How Fitness and Wellness Brands Are Using Social Media Content to Build Communities

January 19, 2018 Shannon O'Neill

People standing on mountain looking at sunset

Wellness has become a new status symbol for the wealthy; we all have that friend who won’t shut up about what they’ve eliminated from their diet or their amazing cycling class or CrossFit group. But for the majority of Americans, just getting to the gym can be a struggle. According to recent statistics from the CDC, 70.7 percent of adults aged 20 and over are overweight (this includes obesity). Now consider that 67 percent of people who have gym memberships never use them. What’s a fitness brand to do?

Create a Safe Community

In our ever-connected world, customers are demanding a higher level of interaction. Planet Fitness, a company whose slogan is “The world judges. We don’t,” noticed some of their members were being trolled by fat-shamers on their public social media channels. Their motto was being turned on its head. Rather than ignoring the problem or combating by deletion, they took a leap and did something different. By creating a private space, the Planet of Triumphs, their customers could still connect and share with others but with the added bonus of knowing they would not be judged.

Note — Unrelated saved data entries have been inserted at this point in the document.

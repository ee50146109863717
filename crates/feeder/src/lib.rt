// Document 02, T-01 and T-05: the record of a file that comes in blocks, when it is sound, and what it says at the end. The definitions stand in specs/.
#![tactic(auto)]

pub mod end;
pub mod pieces;
pub mod sound;

use format::AudioFormat;

// A closed data chunk: its size field, and the position where its data start.
#[derive(Clone, Copy)]
pub struct DataChunk {
    pub size: u64,
    pub start: usize,
}

// What the reader of blocks waits for.
#[derive(Clone, Copy)]
pub enum Phase {
    // the 8 bytes of the file header
    FileHeader,
    // the 12 bytes of the first chunk header
    FirstHeader,
    // the 32 bytes of the first chunk's body
    Desc,
    // the 12 bytes of a chunk header after it, or, after the data, the end; the format that was read, and the data chunk, once it was
    // passed over
    Header(AudioFormat, Option<DataChunk>),
    // the rest of a body that is passed over: the format, the data chunk likewise, and how many bytes are to come
    Skipping(AudioFormat, Option<DataChunk>, usize),
    // the 4 bytes of the edit count: the format, and the size field of the data chunk
    Edit(AudioFormat, u64),
    // the end, in open data: the format, and the position where the data start
    OpenData(AudioFormat, usize),
    // the rest of closed data: the format, the data chunk, and how many bytes are to come
    ClosedData(AudioFormat, DataChunk, usize),
    // nothing any more: a refusal was met, with this number
    Refused(u32),
}

// The strict reading of a file that comes in blocks. It holds the first bytes of one piece, and no payload.
#[derive(Clone, Copy)]
pub struct Feeder {
    pub phase: Phase,
    // the bytes of the piece that have come: the first `count`
    pub held: [u8; 32],
    pub count: usize,
    // how many bytes have been read
    pub total: usize,
    // how many whole chunk headers were met
    pub chunks: usize,
}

“It’s where they can really post about their fitness journey no matter how small or big. We have really incredible items on there, all the way from major transformation stories where people are losing 100 pounds, all the way down to someone feeling comfortable enough to join a gym at 55 years old for the first time,” explains Jenna Reynolds, digital communities manager at Planet Fitness.

planet of triumphs

“There are really different levels on there, different goals. We’re there just to give them that space. We don’t market it in any way. We’ll definitely share stories if someone posts something on Planet of Triumphs and we think it’s really inspirational, we’ll ask their permission to use it on our more traditional social media sites. We kind of just let them celebrate with each other and build that online community,” says Reynolds.

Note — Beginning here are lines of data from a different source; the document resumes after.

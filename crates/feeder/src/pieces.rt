// The pieces that are collected byte by byte: which one each phase waits for.
ghost use Rattle.std.specs.Prelude.{◌≡◌};
ghost use Rattle.feeder.specs.Record.{piece_size};

use crate::Phase;
use reading::sizes::{CHUNK_HEADER, DESC, EDIT_COUNT, FILE_HEADER};

// How many bytes the piece has; 0 where none is collected.
pub fn piece_size(phase: Phase) -> usize
    ensures { result ≡ piece_size phase }
{
    match phase {
        Phase::FileHeader => FILE_HEADER,
        Phase::FirstHeader | Phase::Header(..) => CHUNK_HEADER,
        Phase::Desc => DESC,
        Phase::Edit(..) => EDIT_COUNT,
        _ => 0,
    }
}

With staff monitoring social feeds around the clock via the company’s reputation management program, they get a bird’s-eye-view of all the stories and struggles their members are going through, as well as the victories. This creates a tighter sense of community so that, as Reynolds explains, the company can make sure they offer “surprise and delight,” when a member needs extra motivation or a staff member is called out for doing an amazing job. “We’re hearing stories and re-purposing content so we can show what our members are going through.” One recent story the team saw on social media included a member who was psyching herself up to go to her local Planet Fitness to work out knowing it was a day when there would be pizza. But when she finished her workout, the pizza was gone. “So, we asked her what time she would be home and we ordered her pizza the next night,” Reynolds laughs.

Guide and Motivate with Content that Connects

When Weight Watchers noticed a dip in sales in 2015, market research showed that customers really wanted a lifestyle brand. Competing with endless apps, boutique fitness clubs, and a bevy of nutrition programs, the company realized in order to continue building an audience it had to make a change to the story it was telling—not of one of loss, but of gaining something in return.

“If I look at my mother’s generation, people would fix things that were broken,” Mindy Grossman, president and CEO of Weight Watchers International, Inc., told Fast Company. “Today’s generation is more preventative; they want to live healthily. They want to educate themselves.”

This pivot is key because it links back to brand storytelling for Weight Watchers—we’re not only here for you, but we hear you and are going to take this journey with you. A quick glance at their website content and you’ll notice “diet’ is now a “livable program.” The words “flexible” and “livable” are used on nearly every page of the website. Even their logo is now two vertically linked “W”s—it’s the same but different.

Lauren Salazar, Weight Watchers’ integrated marketing leader, shared the company’s new social strategy on a panel at SocialMedia.org’s Brands-Only Summit. “Our strategy is one part us, two parts them. A large part of it is stuff that we are sourcing from our members. We have a lot of new stuff this year. Not just food—we are fitness, taking care of yourself.”

They also noticed the popularity of 30-second recipe videos that could be consumed with sound off, which allowed their community to interact with one another and share recipes on Instagram. Again, it’s the same new message—be healthy and educate yourself—just a different delivery system.

Of course, having Oprah as a spokesperson (and owner of 10 percent of the company) doesn’t hurt either—talk about the importance of knowing your audience! When you have the goddess of getting to the heart of things doing your brand storytelling, you know you have made it. But more importantly, they gauged the moment for a change in their storytelling and brought in such a big star just as their brand was taking a pivot. Example: Three videos from Oprah explaining the Smart Points program generated over 2 million views in a 24-hour period.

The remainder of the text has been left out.